Но в этой тюрьме Мария-Антуанетта была всего лишь тридцатисемилетней, уже постаревшей, женщиной с лицом серьезным, искаженным страданием и болезнью, она пыталась держаться мужественно, но глаза ее были наполнены смертельной тоской с тех пор, как у нее отняли детей. Некогда изумительно взбитые прекрасные белокурые волосы свободно лежали по плечам, завиваясь в милые локоны, но теперь они стремительно седели. От былого великолепия Мария-Антуанетта сохранила только неподражаемое величие благородной посадки головы. В черном платье, стянутом на талии плиссированной лентой, она была настоящей королевой, быть может, еще больше, чем в шелках Версаля…

Она бросила на новоприбывшего быстрый взгляд и тут же отвела глаза, но легкий румянец уже покрыл ее бледные щеки. Ружевиль понял, что она его узнала. Неистовое желание броситься к ногам узницы охватило его, покрыть поцелуями исхудавшие, такие прекрасные руки. Но таинственным образом вид этой несчастной заставил сердце юноши любить еще сильнее.

Мария-Антуанетта видела Александра Гуза де Ружевиля в третий раз. Первый раз простой шевалье из Сент-Луиса, галантный и страстный, появился как раз в те тяжелые часы, когда толпа атаковала Тюильри, и два раза вырывал ее из их рук. То было 20 июня, он защитил королеву своим телом. Второй раз она видела его страшным днем 10 августа 1792 года, когда они схватили короля и отволокли его в Тампль.

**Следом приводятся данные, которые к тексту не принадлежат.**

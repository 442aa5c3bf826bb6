//! Numbers in decimal and hexadecimal digits.

ghost use Rattle.std.specs.Prelude.{ℕ, ◌≡◌, ◌+◌, ◌*◌, ◌<◌, ◌≤◌, MatchOption};
ghost use Rattle.lg_memory.specs.Image.{digit_value, Spells};

/// The number that digits are in a base of 1 to 16, the highest digit first and hexadecimal ones in either case, if the
/// text is digits, one at least, and the number is at most `most`.
pub fn read_number(text: &[u8], base: u64, most: u64) -> Option<u64>
    requires { (1 ≤ base) × (base ≤ 16) }
    ensures { MatchOption result
        ((n : ℕ) → Spells base text.now n → most < n)
        (λ n. Spells base text.now n × (n ≤ most)) }
{
    if text.is_empty() {
        return None;
    }
    let mut number = 0;
    for byte in text {
        let digit = digit_value(*byte);
        if digit >= base {
            return None;
        }
        number = with_digit(number, base, digit, most)?;
    }
    Some(number)
}

// A number with one more digit behind it, if that is at most `most`.
fn with_digit(number: u64, base: u64, digit: u64, most: u64) -> Option<u64>
    ensures { MatchOption result
        (most < base * number + digit)
        (λ n. (n ≡ base * number + digit) × (n ≤ most)) }
{
    let next = number.checked_mul(base)?.checked_add(digit)?;
    if next <= most { Some(next) } else { None }
}

// The value of a digit, and 16 for any other character.
fn digit_value(byte: u8) -> u64
    ensures value { result ≡ digit_value byte }
    ensures small { result ≤ 16 }
{
    match byte {
        b'0'..=b'9' => (byte - b'0') as u64,
        b'a'..=b'f' => (byte - b'a' + 10) as u64,
        b'A'..=b'F' => (byte - b'A' + 10) as u64,
        _ => 16,
    }
}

Пока Мишони произносил формальности, которые никто не слушал, слезы навернулись на глаза королевы. Ружевиль смотрел на нее неотрывно, так выразительно, что это становилось опасно. Мишель как ни в чем не бывало продолжал перечислять свои трудности. Тогда Ружевиль подошел к столу и как бы невзначай позволил упасть одному цветку из бутоньерки. И быстро взглянул на нее.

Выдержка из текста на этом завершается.